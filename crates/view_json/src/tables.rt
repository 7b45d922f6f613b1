//! What happened, and what routers did with prefixes, by rounds, as JSON.

ghost use Rattle.std.specs.Prelude.{◌≡◌, ◌++◌, map, slice_get, IfOk, OnOk};
ghost use Rattle.std.specs.List.{flat_map, enumerate_from};
ghost use Rattle.serde_json.specs.View.{view};
ghost use Rattle.timeline_view.specs.Messages.{outlines_of};
ghost use Rattle.timeline_view.specs.Rounds.{in_round};
ghost use Rattle.view_json.specs.Events.{happening_json};
ghost use Rattle.view_json.specs.Timeline.{opening_of, opening_json, events_json, some_counts, counts_json, router_counts, tables_json};

use crate::events::{push_happening, push_put};
use crate::sessions::session_at;
use bgp_story::Line;
use graft_edge::NoMemory;
use lab_report::{Lab, SessionView, router_name};
use lab_tables::{PeeringInput, RouterInput};
use report_json::{push_value, put_text};
use serde_json::{Map, Value, put};
use std::alloc::Global;
use timeline_view::{Happening, Happenings, Outline, by_rounds, decided_at, heard_at, told_at};

// ---- events

/// Adds the OPEN that stands first in a story.
fn push_opening(
    list: &mut Vec<Value>,
    alloc: Global,
    holder: &str,
    remote: &str,
    session: &SessionView,
) -> Result<(), NoMemory>
    ensures { OnOk result (map view list.new.items
        ≡ map view list.old.items ++ opening_of holder.now remote.now (slice_get session.now.story.lines 0)) }
{
    match session.story.lines().get(0) {
        Some(Line::Put(message)) => push_put(list, alloc, 0, holder, remote, message),
        Some(Line::Got(_) | Line::Tick(_)) | None => Ok(()),
    }
}

/// Adds the OPEN with which the session of a peering begins, if it has one.
fn push_peering_opening(
    list: &mut Vec<Value>,
    alloc: Global,
    lab: &Lab,
    index: usize,
    peering: &PeeringInput,
) -> Result<(), NoMemory>
    ensures { OnOk result (map view list.new.items
        ≡ map view list.old.items ++ opening_json lab.now.input lab.now.sessions (index, peering.now)) }
{
    let holder = router_name(&lab.input, peering.at.0);
    let remote = peering.name.as_str();
    match session_at(lab, index) {
        Some(session) => push_opening(list, alloc, holder, remote, session),
        None => Ok(()),
    }
}

/// Adds the OPENs with which the sessions begin.
fn push_openings(list: &mut Vec<Value>, alloc: Global, lab: &Lab) -> Result<(), NoMemory>
    ensures { OnOk result (map view list.new.items ≡ map view list.old.items
        ++ flat_map (opening_json lab.now.input lab.now.sessions) (enumerate_from 0 lab.now.input.peerings)) }
{
    let peerings = lab.input.peerings.as_slice();
    for (index, peering) in peerings.iter().enumerate() {
        push_peering_opening(list, alloc, lab, index, peering)?;
    }
    Ok(())
}

/// Adds what happened in a round.
fn push_round(
    list: &mut Vec<Value>,
    alloc: Global,
    lab: &Lab,
    outlines: &[Outline],
    here: &[Happening],
) -> Result<(), NoMemory>
    requires { outlines.now ≡ outlines_of lab.now }
    ensures { OnOk result (map view list.new.items ≡ map view list.old.items ++ flat_map (happening_json lab.now) here.now) }
{
    for happening in here {
        push_happening(list, alloc, lab, outlines, happening)?;
    }
    Ok(())
}

/// Adds what happened in these rounds.
fn push_each_round(
    list: &mut Vec<Value>,
    alloc: Global,
    lab: &Lab,
    outlines: &[Outline],
    rounds: &[Happenings],
) -> Result<(), NoMemory>
    requires { outlines.now ≡ outlines_of lab.now }
    ensures { OnOk result (map view list.new.items
        ≡ map view list.old.items ++ flat_map (flat_map (happening_json lab.now)) rounds.now) }
{
    for here in rounds {
        push_round(list, alloc, lab, outlines, here.as_slice())?;
    }
    Ok(())
}

/// Adds what happened in all rounds.
fn push_rounds(
    list: &mut Vec<Value>,
    alloc: Global,
    lab: &Lab,
    outlines: &[Outline],
    all: &[Happening],
) -> Result<(), NoMemory>
    requires { outlines.now ≡ outlines_of lab.now }
    ensures { OnOk result (map view list.new.items ≡ map view list.old.items
        ++ flat_map (λ m. flat_map (happening_json lab.now) (in_round m.0 all.now)) (enumerate_from 0 lab.now.marks)) }
{
    let rounds = by_rounds(alloc, lab.marks.len(), all)?;
    push_each_round(list, alloc, lab, outlines, rounds.as_slice())
}

/// The OPENs of all sessions, and what happened in all rounds.
pub(crate) fn events_value(
    alloc: Global,
    lab: &Lab,
    outlines: &[Outline],
    all: &[Happening],
) -> Result<Value, NoMemory>
    requires { outlines.now ≡ outlines_of lab.now }
    ensures { IfOk result (λ v. view v ≡ events_json lab.now all.now) }
{
    let mut list = Vec::new(alloc);
    push_openings(&mut list, alloc, lab)?;
    push_rounds(&mut list, alloc, lab, outlines, all)?;
    Ok(Value::Array(list))
}

// ---- prefixes that were decided, told and heard

/// What a router decided, told and heard in a round.
fn counts_value(
    alloc: Global,
    round: usize,
    name: &str,
    decided: usize,
    told: usize,
    heard: usize,
) -> Result<Value, NoMemory>
    ensures { IfOk result (λ v. view v ≡ some_counts round name.now decided told heard) }
{
    let mut map = Map::new(alloc);
    put(&mut map, alloc, "decided", Value::from(decided))?;
    put(&mut map, alloc, "heard", Value::from(heard))?;
    put(&mut map, alloc, "round", Value::from(round))?;
    put_text(&mut map, alloc, "router", name)?;
    put(&mut map, alloc, "told", Value::from(told))?;
    Ok(Value::Object(map))
}

/// Adds what a router decided, told and heard in a round, if there was something.
fn push_counts(
    list: &mut Vec<Value>,
    alloc: Global,
    round: usize,
    name: &str,
    decided: usize,
    told: usize,
    heard: usize,
) -> Result<(), NoMemory>
    ensures { OnOk result (map view list.new.items ≡ map view list.old.items ++ counts_json round name.now decided told heard) }
{
    if decided == 0 && told == 0 && heard == 0 {
        return Ok(());
    }
    push_value(
        list,
        counts_value(alloc, round, name, decided, told, heard)?,
    )?;
    Ok(())
}

/// Adds what a router did with prefixes in a round.
fn push_router(
    list: &mut Vec<Value>,
    alloc: Global,
    round: usize,
    here: &[Happening],
    index: usize,
    router: &RouterInput,
) -> Result<(), NoMemory>
    ensures { OnOk result (map view list.new.items ≡ map view list.old.items ++ router_counts round here.now (index, router.now)) }
{
    let name = router.name.as_str();
    let decided = decided_at(index, here);
    let told = told_at(index, here);
    let heard = heard_at(index, here);
    push_counts(list, alloc, round, name, decided, told, heard)
}

/// Adds what each router did with prefixes in a round.
fn push_routers(
    list: &mut Vec<Value>,
    alloc: Global,
    round: usize,
    here: &[Happening],
    routers: &[RouterInput],
) -> Result<(), NoMemory>
    ensures { OnOk result (map view list.new.items
        ≡ map view list.old.items ++ flat_map (router_counts round here.now) (enumerate_from 0 routers.now)) }
{
    for (index, router) in routers.iter().enumerate() {
        push_router(list, alloc, round, here, index, router)?;
    }
    Ok(())
}

/// Adds what each router did with prefixes in these rounds.
fn push_each_table(
    list: &mut Vec<Value>,
    alloc: Global,
    rounds: &[Happenings],
    routers: &[RouterInput],
) -> Result<(), NoMemory>
    ensures { OnOk result (map view list.new.items ≡ map view list.old.items
        ++ flat_map (λ m. flat_map (router_counts m.0 m.1) (enumerate_from 0 routers.now)) (enumerate_from 0 rounds.now)) }
{
    for (round, here) in rounds.iter().enumerate() {
        push_routers(list, alloc, round, here.as_slice(), routers)?;
    }
    Ok(())
}

/// Adds what each router did with prefixes in all rounds.
fn push_tables(
    list: &mut Vec<Value>,
    alloc: Global,
    lab: &Lab,
    all: &[Happening],
) -> Result<(), NoMemory>
    ensures { OnOk result (map view list.new.items ≡ map view list.old.items
        ++ flat_map (λ m. flat_map (router_counts m.0 (in_round m.0 all.now)) (enumerate_from 0 lab.now.input.routers)) (enumerate_from 0 lab.now.marks)) }
{
    let routers = lab.input.routers.as_slice();
    let rounds = by_rounds(alloc, lab.marks.len(), all)?;
    push_each_table(list, alloc, rounds.as_slice(), routers)
}

/// What each router did with prefixes in all rounds.
pub(crate) fn tables_value(alloc: Global, lab: &Lab, all: &[Happening]) -> Result<Value, NoMemory>
    ensures { IfOk result (λ v. view v ≡ tables_json lab.now all.now) }
{
    let mut list = Vec::new(alloc);
    push_tables(&mut list, alloc, lab, all)?;
    Ok(Value::Array(list))
}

_Problem details_.
With the line holding "list.old.items ++ opening_json" as the first and the line holding "happened in these rounds." as the last, set down that range of the entries above exactly, and nothing else.

_Reply to the task_.
        ≡ map view list.old.items ++ opening_json lab.now.input lab.now.sessions (index, peering.now)) }
{
    let holder = router_name(&lab.input, peering.at.0);
    let remote = peering.name.as_str();
    match session_at(lab, index) {
        Some(session) => push_opening(list, alloc, holder, remote, session),
        None => Ok(()),
    }
}

/// Adds the OPENs with which the sessions begin.
fn push_openings(list: &mut Vec<Value>, alloc: Global, lab: &Lab) -> Result<(), NoMemory>
    ensures { OnOk result (map view list.new.items ≡ map view list.old.items
        ++ flat_map (opening_json lab.now.input lab.now.sessions) (enumerate_from 0 lab.now.input.peerings)) }
{
    let peerings = lab.input.peerings.as_slice();
    for (index, peering) in peerings.iter().enumerate() {
        push_peering_opening(list, alloc, lab, index, peering)?;
    }
    Ok(())
}

/// Adds what happened in a round.
fn push_round(
    list: &mut Vec<Value>,
    alloc: Global,
    lab: &Lab,
    outlines: &[Outline],
    here: &[Happening],
) -> Result<(), NoMemory>
    requires { outlines.now ≡ outlines_of lab.now }
    ensures { OnOk result (map view list.new.items ≡ map view list.old.items ++ flat_map (happening_json lab.now) here.now) }
{
    for happening in here {
        push_happening(list, alloc, lab, outlines, happening)?;
    }
    Ok(())
}

/// Adds what happened in these rounds.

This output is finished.